Include in the output exactly the lines from the opening of the data through the line containing "repository 7e1626d19fe65451", and nothing more.

#### EXTRACTED MATERIAL ####

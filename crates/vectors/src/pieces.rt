// A run that is fed a vector's message in pieces and read in halves, whichever function it is of.
use crate::message::Message;
use hasher::{HasherAnswer, Refusal};

// The longest piece of a message: 32 times the pattern, so that the next piece begins with 00 again.
pub const PIECE: usize = 8032;

// Kept: a crate with its contract and edits for what the programs share would be longer.
pub fn done(status: u8) -> Result<(), Refusal> {
    HasherAnswer { hasher: (), status }.done()
}

pub trait Pieces {
    fn absorb(&mut self, piece: &[u8]) -> Result<(), Refusal>;

    fn squeeze(&mut self, out: &mut [u8]) -> Result<(), Refusal>;

    // Each piece from the start of a buffer that has 8,192 zero bytes before it is filled (docs/PROOFS.md names it).
    fn absorb_message(&mut self, message: Message) -> Result<(), Refusal> {
        let mut buffer = [0u8; 8192];
        message.fill(&mut buffer);
        let length = message.length();
        for start in (0..length).step_by(PIECE) {
            self.absorb(&buffer[..PIECE.min(length - start)])?;
        }
        Ok(())
    }

    fn squeeze_halves(&mut self, out: &mut [u8]) -> Result<(), Refusal> {
        let (first, rest) = out.split_at_mut(out.len() / 2);
        self.squeeze(first)?;
        self.squeeze(rest)
    }
}
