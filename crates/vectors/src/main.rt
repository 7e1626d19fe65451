// Runs the vectors of draft-irtf-cfrg-kangarootwelve-16, each message absorbed and each output squeezed in pieces. Writes a line
// for each: the function, the message's kind and length, the domain byte (KT: the customization string's length), the bytes
// asked, and the bytes that the draft prints, or the status of the call that was refused. The last eight vectors of each KT function
// have these bytes three times: by a finalize with the whole customization string, by pieces of it and a finish, and in one go.
#![tactic(auto)]

mod kt;
mod line;
mod message;
mod pieces;

ghost use Rattle.std.specs.Prelude.{◌≤◌};

use functions::Function;
use hasher::{Answer, Refusal, Run};
use line::write_digest;
use message::Message;
use pieces::{Pieces, done};
use std::{fmt, io};

// The lengths of the longer messages: 17**0 to 17**6.
const POWERS: [usize; 7] = [1, 17, 289, 4913, 83521, 1419857, 24137569];

// The domain byte of the vectors whose message is ptn.
const DOMAIN: u8 = 0x1f;

// The lengths of the messages of FF bytes, and the domain byte of each.
const FF: [(usize, u8); 6] = [
    (3, 0x01),
    (1, 0x06),
    (3, 0x07),
    (7, 0x0b),
    (1, 0x30),
    (3, 0x7f),
];

// Kept: edges and vectors share it, and a crate with its contract and edits would be longer.
#[derive(Clone, Copy)]
enum TurboShake {
    Bits128,
    Bits256,
}

impl TurboShake {
    fn function(self) -> Function {
        match self {
            TurboShake::Bits128 => functions::turboshake128(),
            TurboShake::Bits256 => functions::turboshake256(),
        }
    }

    // The bytes that most vectors ask.
    fn output(self) -> usize
        ensures { result ≤ 64 }
    {
        match self {
            TurboShake::Bits128 => 32,
            TurboShake::Bits256 => 64,
        }
    }
}

impl fmt::Display for TurboShake {
    fn fmt<W: fmt::Write>(&self, f: &mut fmt::Formatter<W>) -> fmt::Result {
        f.write_str(match self {
            TurboShake::Bits128 => "TurboSHAKE128",
            TurboShake::Bits256 => "TurboSHAKE256",
        })
    }
}

#[derive(Clone, Copy)]
struct TurboShakeRun {
    function: Function,
    run: Run,
}

impl TurboShakeRun {
    // Kept: `functions` answers its calls by a type for each kind of run.
    fn keep(&mut self, answer: Answer) -> Result<(), Refusal> {
        self.run = answer.run;
        done(answer.status)
    }

    fn finalize(&mut self, domain: u8) -> Result<(), Refusal> {
        self.keep(functions::finalize(self.function, self.run, domain))
    }
}

impl Pieces for TurboShakeRun {
    fn absorb(&mut self, piece: &[u8]) -> Result<(), Refusal> {
        self.keep(functions::absorb(self.function, self.run, piece))
    }

    fn squeeze(&mut self, out: &mut [u8]) -> Result<(), Refusal> {
        self.keep(functions::squeeze(self.function, self.run, out))
    }
}

// Computes the vector's output, up to the first call that is refused.
fn digest(
    turboshake: TurboShake,
    message: Message,
    domain: u8,
    out: &mut [u8],
) -> Result<(), Refusal> {
    let mut run = TurboShakeRun {
        function: turboshake.function(),
        run: hasher::fresh(),
    };
    run.absorb_message(message)?;
    run.finalize(domain)?;
    run.squeeze_halves(out)
}

// Kept: what is asked is a plain number with a bound, since a type for it would be built and taken apart at each call.
fn write_vector(
    rt: &impl Print,
    turboshake: TurboShake,
    message: Message,
    domain: u8,
    asked: usize,
) -> io::Result<()>
    requires { asked ≤ 10064 }
{
    print!(rt; "{turboshake} {message} {domain:02x} {asked}")?;
    write_digest(rt, asked, |out| digest(turboshake, message, domain, out))?;
    println!(rt)
}

fn write_empty(rt: &impl Print, turboshake: TurboShake, asked: usize) -> io::Result<()>
    requires { asked ≤ 10064 }
{
    write_vector(rt, turboshake, Message::Pattern(0), DOMAIN, asked)
}

fn write_powers(rt: &impl Print, turboshake: TurboShake) -> io::Result<()> {
    for length in POWERS {
        write_vector(
            rt,
            turboshake,
            Message::Pattern(length),
            DOMAIN,
            turboshake.output(),
        )?;
    }
    Ok(())
}

fn write_ff(rt: &impl Print, turboshake: TurboShake) -> io::Result<()> {
    for (length, domain) in FF {
        write_vector(
            rt,
            turboshake,
            Message::Ff(length),
            domain,
            turboshake.output(),
        )?;
    }
    Ok(())
}

fn write_vectors(rt: &impl Print, turboshake: TurboShake) -> io::Result<()> {
    write_empty(rt, turboshake, 64)?;
    write_empty(rt, turboshake, 10032)?;
    write_powers(rt, turboshake)?;
    write_ff(rt, turboshake)
}

fn main(rt: HostRuntime) -> io::Result<()> {
    write_empty(&rt, TurboShake::Bits128, 32)?;
    write_vectors(&rt, TurboShake::Bits128)?;
    write_vectors(&rt, TurboShake::Bits256)?;
    kt::write_vectors(&rt)
}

####

**ANSWER SECTION**
filename crates/vectors/src/pieces.rt
// A run that is fed a vector's message in pieces and read in halves, whichever function it is of.
use crate::message::Message;
use hasher::{HasherAnswer, Refusal};

// The longest piece of a message: 32 times the pattern, so that the next piece begins with 00 again.
pub const PIECE: usize = 8032;

// Kept: a crate with its contract and edits for what the programs share would be longer.
pub fn done(status: u8) -> Result<(), Refusal> {
    HasherAnswer { hasher: (), status }.done()
}

pub trait Pieces {
    fn absorb(&mut self, piece: &[u8]) -> Result<(), Refusal>;

    fn squeeze(&mut self, out: &mut [u8]) -> Result<(), Refusal>;

    // Each piece from the start of a buffer that has 8,192 zero bytes before it is filled (docs/PROOFS.md names it).
    fn absorb_message(&mut self, message: Message) -> Result<(), Refusal> {
        let mut buffer = [0u8; 8192];
        message.fill(&mut buffer);
        let length = message.length();
        for start in (0..length).step_by(PIECE) {
            self.absorb(&buffer[..PIECE.min(length - start)])?;
        }
        Ok(())
    }

    fn squeeze_halves(&mut self, out: &mut [u8]) -> Result<(), Refusal> {
        let (first, rest) = out.split_at_mut(out.len() / 2);
        self.squeeze(first)?;
        self.squeeze(rest)
    }
}
filename crates/vectors/src/main.rt
repository 7e1626d19fe65451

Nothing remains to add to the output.